In [13]: [item for item in my_list if any(x in item for x in bad)]
Out[13]: ['abc-123', 'def-456', 'abc-456', 'def-111']

some_list = ['abc-123', 'def-456', 'ghi-789', 'abc-456']
bad = ['abc', 'def']
for s in some_list:
    for item in bad:
       if item in s:
          print 'Found ', s

It's simple, works fine and fast( only if your list is not very big.)

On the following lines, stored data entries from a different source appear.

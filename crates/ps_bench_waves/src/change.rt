// The line of a value change.

ghost use Rattle.std.specs.Prelude.{◌≡◌, ◌+◌, ◌*◌, ◌%◌, ◌≤◌, ◌<◌, ◌++◌, length, take, flat_map};
ghost use Rattle.ps_bench_waves.specs.declared.identifier.TheConstants.{MOST_WIRES};
ghost use Rattle.ps_bench_waves.specs.declared.value.TheConstants.{LONGEST_WORDS};
ghost use Rattle.ps_bench_waves.specs.Values.{held, shortened};
ghost use Rattle.ps_bench_waves.specs.declared.change.TheConstants.{CHANGE_ROOM};
ghost use Rattle.ps_bench_waves.specs.Text.{bits, shown_byte, value_text, vector_text, change_text};

use crate::room::{put, put_byte};
use crate::{Identifier, LONGEST_WORDS, Value, shortened};

/// The most bytes of a change: `s`, words of which each byte takes up to four, a blank, an identifier and a line feed.
pub(crate) const CHANGE_ROOM: usize = 6 + 4 * LONGEST_WORDS;

// The lowest binary digit of a number.
fn digit(number: u64) -> u8
    ensures { result ≡ 48 + number % 2 }
{
    b'0' + (number % 2) as u8
}

// The eight lowest binary digits of a number, the highest first.
fn octet(number: u64) -> [u8; 8]
    ensures { result ≡ bits 8 number }
{
    [
        digit(number / 128),
        digit(number / 64),
        digit(number / 32),
        digit(number / 16),
        digit(number / 8),
        digit(number / 4),
        digit(number / 2),
        digit(number),
    ]
}

// Puts so many times eight binary digits of a number, the highest first.
fn put_bits(text: &mut [u8], at: usize, octets: usize, number: u64) -> usize
    requires { at + 8 * octets ≤ length text.old }
    ensures bytes { take result text.new ≡ take at text.old ++ bits (8 * octets) number }
    ensures end { result ≡ at + 8 * octets }
    ensures len { length text.new ≡ length text.old }
{
    if octets == 0 {
        return at;
    }
    let end = put_bits(text, at, octets - 1, number / 256);
    put(text, end, &octet(number))
}

// Puts a byte of words: a blank as `\x20`.
fn put_shown(text: &mut [u8], at: usize, byte: u8) -> usize
    requires { at + 4 ≤ length text.old }
    ensures bytes { take result text.new ≡ take at text.old ++ shown_byte byte }
    ensures end { result ≤ at + 4 }
    ensures len { length text.new ≡ length text.old }
{
    if byte == b' ' {
        put(text, at, b"\\x20")
    } else {
        put_byte(text, at, byte)
    }
}

// Puts words.
fn put_words(text: &mut [u8], at: usize, words: &[u8]) -> usize
    requires { at + 4 * length words.now ≤ length text.old }
    ensures bytes { take result text.new ≡ take at text.old ++ flat_map shown_byte words.now }
    ensures end { result ≤ at + 4 * length words.now }
    ensures len { length text.new ≡ length text.old }
{
    let mut end = at;
    for byte in words {
        end = put_shown(text, end, *byte);
    }
    end
}

// Puts what stands before an identifier.
fn put_value(text: &mut [u8], at: usize, value: Value) -> usize
    requires { at + (2 + 4 * LONGEST_WORDS) ≤ length text.old }
    ensures bytes { take result text.new ≡ take at text.old ++ value_text (held value) }
    ensures end { result ≤ at + (2 + 4 * LONGEST_WORDS) }
    ensures len { length text.new ≡ length text.old }
{
    match value {
        Value::Bit(value) => put_byte(text, at, if value { b'1' } else { b'0' }),
        Value::Code(code) => put_vector(text, at, 2, u64::from(code)),
        Value::Count(count) => put_vector(text, at, 8, count),
        Value::Words(words) => {
            let at = put_byte(text, at, b's');
            let at = put_words(text, at, shortened(words));
            put_byte(text, at, b' ')
        }
    }
}

// Puts a number of so many times eight bits.
fn put_vector(text: &mut [u8], at: usize, octets: usize, number: u64) -> usize
    requires room { at + (2 + 8 * octets) ≤ length text.old }
    ensures bytes { take result text.new ≡ take at text.old ++ vector_text (8 * octets) number }
    ensures end { result ≡ at + (2 + 8 * octets) }
    ensures len { length text.new ≡ length text.old }
{
    let at = put_byte(text, at, b'b');
    let at = put_bits(text, at, octets, number);
    put_byte(text, at, b' ')
}

// Puts the line of a change: the wire with this number has this value.
pub(crate) fn put_change(text: &mut [u8], at: usize, wire: usize, value: Value) -> usize
    requires wire { wire < MOST_WIRES }
    requires room { at + CHANGE_ROOM ≤ length text.old }
    ensures bytes { take result text.new ≡ take at text.old ++ change_text wire (held value) }
    ensures end { result ≤ at + CHANGE_ROOM }
    ensures len { length text.new ≡ length text.old }
{
    let at = put_value(text, at, value);
    let at = put(text, at, Identifier::of(wire).as_slice());
    put_byte(text, at, b'\n')
}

If you just want a test, join the target list into a string and test each element of bad like so:

>>> my_list = ['abc-123', 'def-456', 'ghi-789', 'abc-456', 'def-111', 'qwe-111']
>>> bad = ['abc', 'def']
>>> [e for e in bad if e in '\n'.join(my_list)]
['abc', 'def']

From your question, you can test each element as a sub string against the each element of the other this way:

>>> [i for e in bad for i in my_list if e in i]
['abc-123', 'abc-456', 'def-456', 'def-111']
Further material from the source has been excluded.